Interview by Ja A. Jahannes
Photo by Magdalena Agüero

Bogotá, Colombia


Manuel Zapata Olivella and Ja A. Jahannes, August, 1993, Bogotá, Colombia. Photo by Magdalena Aguero.

Manuel Zapata Olivella (left) and Ja A. Jahannes (right), August 1993, Bogotá, Colombia. Photo by Magdalena Agüero.



I conducted an extensive interview in Bogotá, Colombia with the late Manuel Zapata Olivella at his home in August, 1993. Dr. Zapata was one of South America's foremost Black writers, intellectuals and activists. He published eight novels, twenty-seven books, eight plays and hundreds of essays and articles. He was a physician by training, and an anthropologist. The man was phenomenal. English was a second language for Zapata but because he spoke with such clarity, the interview appears here unedited. -- Jahannes

Jahannes: W. E. B. DuBois said "The problem of the 20th century is the problem of the color line." Was DuBois correct and what are the prospects for race in the 21st century?

Zapata: I believe that DuBois was correct when he said that the 20th Century would be the century for "colorization." Maybe this will continue into the next century. In the 21 century, people may begin to have a conscience about the past century and begin to fight strongly against the consequence of that colorization in the past. I suppose that in the 21st century the problem of "discolorization" will be the stronger because it will be not a question of black as it happens in America or Africa but the people of the Third World will suffer the same, people in Asia, people in the middle Orient people. These people will be fighting "decolorization" in the 21st century.

Jahannes: Fifty-two percent of Colombians are Black. How do Colombians of African blood fare in Colombia?

Zapata: In Colombia, because we have had a continued integration there exists many mulattos and mestizos. Most of the descendants of people of African blood live in the countryside. In the cities, in the urban area, and so forth, most of them are mestizos. In Colombia, most of the black people live in the Pacific Coast. They have little social implement. They have no education or schooling. They have no way of communication. They do not have very good health aides, but what characterizes this region is that blacks have developed their own culture. That does not mean that this culture is African culture, but they have changed their way of life and they have developed a new culture in modern times but in that imagined situation of which they have been told of before.

Jahannes: Who are the leaders of the African world in Latin America today? Could you name some of the principal people besides yourself?

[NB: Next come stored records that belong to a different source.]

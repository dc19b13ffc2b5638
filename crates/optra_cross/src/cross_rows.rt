//! The rows of crossings, as a family.
ghost use Rattle.std.specs.Prelude.{◌≡◌, ℕ, ◌+◌, ◌<◌, ◌≤◌, ◌↔◌, ◌&&◌, List, All, IsTrue, is_some, nat_lt, slice_get};
ghost use Rattle.std.specs.Option.{option_map};
ghost use Rattle.optra_network.specs.Net.{Net, IsProper};
ghost use Rattle.optra_walk.specs.Families.{Entry, IsUsable};
ghost use Rattle.optra_walk.specs.Legs.{use_of};
ghost use Rattle.optra_cross.specs.Crosses.{AreBothRules, IsCrossRow, are_near, is_one_of, is_possible, is_row_of, is_use, minutes_between, first_use, second_use};
ghost use Rattle.optra_cross.specs.Places.{row_from, row_with, use_at};

use crate::CRow;
use crate::places::{DAYS_END, TRACK_PLACES, TYPES, place_at, total};
use optra_network::{Network, TrackId, TrackUse, TypeId};
use optra_walk::{Leg, RowFamily};

/// The family of crossing rows. Its rule is that every two uses of different tracks keep their crossing, and that no use
/// which lies in a row stands at two places: such a use alone fills its rows twice.
///
/// With the headway rule the second part holds by itself, since every headway is at least a minute. So the two families
/// together state exactly the headway rule and the crossing rule.
#[derive(Clone, Copy, Debug, Drop)]
pub struct CrossRows;

impl CrossRows {
    /// The family of crossing rows, which takes no memory. Legs keep the headways and the crossings exactly where they use
    /// no row of headways and no row of crossings more than once.
    pub fn new() -> CrossRows
        ensures { (net : Net) (entries : List Entry) → IsProper net
            → All (λ e. IsUsable net e.0 e.1) entries → AreBothRules net entries }
    {
        CrossRows
    }
}

impl RowFamily for CrossRows {
    ghost use Rattle.std.proofs.Common.{lit≤};
    ghost use Rattle.optra_cross.specs.Crosses.{KeepsCrossRule, cross_rows, most_rows};
    ghost use Rattle.optra_cross.specs.Places.{touched_rows};
    ghost use Rattle.optra_cross.specs.CrossLemmas.{rows_listed, few_crossings, unusable_none, crossings_by_rows};

    type Row = CRow;

    ghost rows_of = { λ _ net. cross_rows net };

    ghost rows_used = { λ _ net kind leg. touched_rows net (use_of kind leg) };

    ghost most = { λ _. most_rows };

    ghost KeepsRule = { λ _ net entries. KeepsCrossRule net entries };

    ghost lists_rows = { λ f net kind leg u. rows_listed net (use_of kind leg) u.proper u.may_use u.depart };

    ghost uses_few = { λ f net kind leg u. few_crossings net (use_of kind leg) u.proper u.may_use u.depart };

    ghost capacity_fits = { λ f net row p is. lit≤ tt };

    ghost unusable_uses_none = { λ f net kind leg row may_not. unusable_none net (use_of kind leg) row may_not };

    ghost rule_by_rows = { λ f net entries p all. crossings_by_rows net entries p all };

    /// Whether the value is a row: two uses that break their crossing, the one on the lesser track first.
    fn is_row(&self, net: &Network, row: CRow) -> bool
        ensures row { result ≡ (cross_rows net.now).is_row row }
        ensures rule { IsTrue result ↔ IsCrossRow net.now row }
    {
        net.laws();
        is_row(net, row)
    }

    fn cap(&self, _net: &Network, _row: CRow) -> u32 {
        1
    }

    fn leg_use(&self, net: &Network, kind: TypeId, leg: Leg, row: CRow) -> u32 {
        if is_row(net, row) && is_one_of(use_of(kind, leg), row) {
            1
        } else {
            0
        }
    }

    fn touched(&self, net: &Network, kind: TypeId, leg: Leg, k: u32) -> Option<CRow> {
        let crossers = net.crossers(leg.track, kind);
        let place = place_at(crossers, leg.depart, k)?;
        Some(row_with(use_of(kind, leg), use_at(place)))
    }

    fn used_count(&self, net: &Network, kind: TypeId, leg: Leg) -> u32 {
        total(net.crossers(leg.track, kind), leg.depart)
    }

    /// Legs of a type use the same where they enter the same track at the same minute.
    fn use_alike(&self, _net: &Network, _kind: TypeId, first: Leg, second: Leg) -> bool {
        first.track == second.track && first.depart == second.depart
    }
}

/// The use of a leg.
fn use_of(kind: TypeId, leg: Leg) -> TrackUse
    ensures { result ≡ use_of kind leg }
{
    TrackUse {
        track: leg.track,
        kind,
        time: leg.depart,
    }
}

/// The use at a place.
fn use_at(place: u32) -> TrackUse
    requires { place < 46080000 }
    ensures { result ≡ use_at place }
{
    TrackUse {
        track: TrackId((place / TRACK_PLACES) as u16),
        kind: TypeId((place % TYPES) as u16),
        time: (place % TRACK_PLACES / TYPES) as u16,
    }
}

/// The row of a use and another one.
fn row_with(own: TrackUse, other: TrackUse) -> CRow
    ensures { result ≡ row_with own other }
{
    if other.track.0 < own.track.0 {
        row_from(other, own)
    } else {
        row_from(own, other)
    }
}

fn row_from(first: TrackUse, second: TrackUse) -> CRow
    ensures { result ≡ row_from first second }
{
    CRow {
        first_track: first.track,
        first_at: first.time,
        first: first.kind,
        second_track: second.track,
        second_at: second.time,
        second: second.kind,
    }
}

fn first_use(row: CRow) -> TrackUse
    ensures { result ≡ first_use row }
{
    TrackUse {
        track: row.first_track,
        kind: row.first,
        time: row.first_at,
    }
}

fn second_use(row: CRow) -> TrackUse
    ensures { result ≡ second_use row }
{
    TrackUse {
        track: row.second_track,
        kind: row.second,
        time: row.second_at,
    }
}

fn is_row(net: &Network, row: CRow) -> bool
    ensures { result ≡ is_row_of net.now row }
{
    let (first, second) = (first_use(row), second_use(row));
    row.first_track.0 < row.second_track.0
        && is_possible(net, first)
        && is_possible(net, second)
        && are_near(net, first, second)
}

/// Whether the use's type may use its track, and it is of the two days.
fn is_possible(net: &Network, one: TrackUse) -> bool
    ensures { result ≡ is_possible net.now one }
{
    net.run(one.track, one.kind, false, false).is_some() && u32::from(one.time) < DAYS_END
}

/// Whether two uses break their crossing.
fn are_near(net: &Network, first: TrackUse, second: TrackUse) -> bool
    ensures { result ≡ are_near net.now first second }
{
    comes_early(second, first, minutes_between(net, first, second))
        && comes_early(first, second, minutes_between(net, second, first))
}

/// Whether a use comes less than so many minutes after another one.
fn comes_early(one: TrackUse, other: TrackUse, minutes: u16) -> bool
    ensures { result ≡ nat_lt one.time (other.time + minutes) }
{
    u32::from(one.time) < u32::from(other.time) + u32::from(minutes)
}

/// The minutes of a crossing, and 0 where there is none.
fn minutes_between(net: &Network, first: TrackUse, second: TrackUse) -> u16
    ensures { result ≡ minutes_between net.now first second }
{
    net.crossing(first.track, second.track, first.kind, second.kind)
        .unwrap_or(0)
}

/// Whether the use is one of the two of a row.
fn is_one_of(one: TrackUse, row: CRow) -> bool
    ensures { result ≡ is_one_of one row }
{
    is_use(one, first_use(row)) || is_use(one, second_use(row))
}

fn is_use(one: TrackUse, other: TrackUse) -> bool
    ensures { result ≡ is_use one other }
{
    one.track.0 == other.track.0 && one.kind.0 == other.kind.0 && one.time == other.time
}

Zapata: That it is not a very easy question to answer because there are many of them. In Brazil, there is Abdias do Nascimento, Joel Rufino Do Santos, and Gorge Amado. In Peru Licenciado José Campos Da'nla. In Venezuela, Frederico Buto Figueroa and José Marcial Ramos Guedez. Over in Panama, Gerado Maloney and in Costa Rica there is Quince Duncan. Nancy Morejon and Rogelio Martinez Furé in Cuba and in Ecuador, Nelson Estupiña Bass and Adalberto Ortiz. Rex Nettleford is a principal leader in Jamaica.

Jahannes: Your own contributions to African consciousness in Colombia and Latin America are enormous. What inspires your work and what do you consider some of your most significant accomplishments view?

Zapata: I have, with another fellow, organized the Congress of Black Culture in America. The first one was here in Colombia in Cali in 1976. The second Congress was in Panama in 1981 and the third one was in Sao Paulo, Brazil in 1984. For that Congress, we tried to invite all those persons who were interested in black culture in the Americas. Most of the delegates were black people who came from different places; from United States, from Brazil and from Central America, and so forth. After this first step to try to develop Black consciousness in this continent, we have been working through literary expression, through meetings of anthropologists who are working in this area. I believe that in this moment, after 20 years, we have had developed a consciousness about blacks in American culture.

Jahannes: Why is it difficult to get Latin Americans of African descent to own their African heritage?

Zapata: This is different in the different countries of this continent. For example, in Brazil there exists a very strong consciousness about their African ascendants because in Brazil they have had the facility to reconstruct their culture. In Brazil, most of the blacks come from the same place in Africa. That does not happen in any other country in South America. In Hispanic South America, there is no place to trace black people from Africa because they were bought as prisoners in Africa from the different traders and from those traders from. Blacks who arrived in the Hispanic colonies did not come from the same place and therefore they did not have a singular culture as happens in Brazil.

Jahannes: In Colombia?

Zapata: The port of Cartagena De Indias in Colombia was the most important port where the ships of African prisoners arrived in the Hispanic colony in the continent. For that reason, we have had African prisoners from different countries of Africa. Most of them were not able speak between themselves because they spoke different languages. Consequently, we do not have a very strong African culture. Our ancestors were not able to preserve their roots. Most of the black who have arrived in Colombia were carried to the Pacific coast. On the Pacific coast of Colombia, they were not able to preserve their African culture but after the abolition of slavery here in 1862, they were free and they began to develop their own culture. That meant preserving a small part of their African culture and modifying their ancestral memory, trying to construct a new culture with those elements that they have received here from the Spanish, from the Indians. Most of the people of the Pacific coast of Colombia are Black. Ninety-five percent of the population is black. Yet, as I said, they were not able to preserve their African culture. In this new situation that they have preserved only some Africans instruments, like the marimbas and colloolas, and some African dances. Still, most of these dances have Spanish influences. The names of these dances are shada, cotradanca, and hota. In the Pacific Coast they preserved very good song traditions that have been taken from the Catholic missionaries, but they have adopted this influence and have developed what we can call a kind of spirituals, a new conception of the chants that they have received from the missionaries.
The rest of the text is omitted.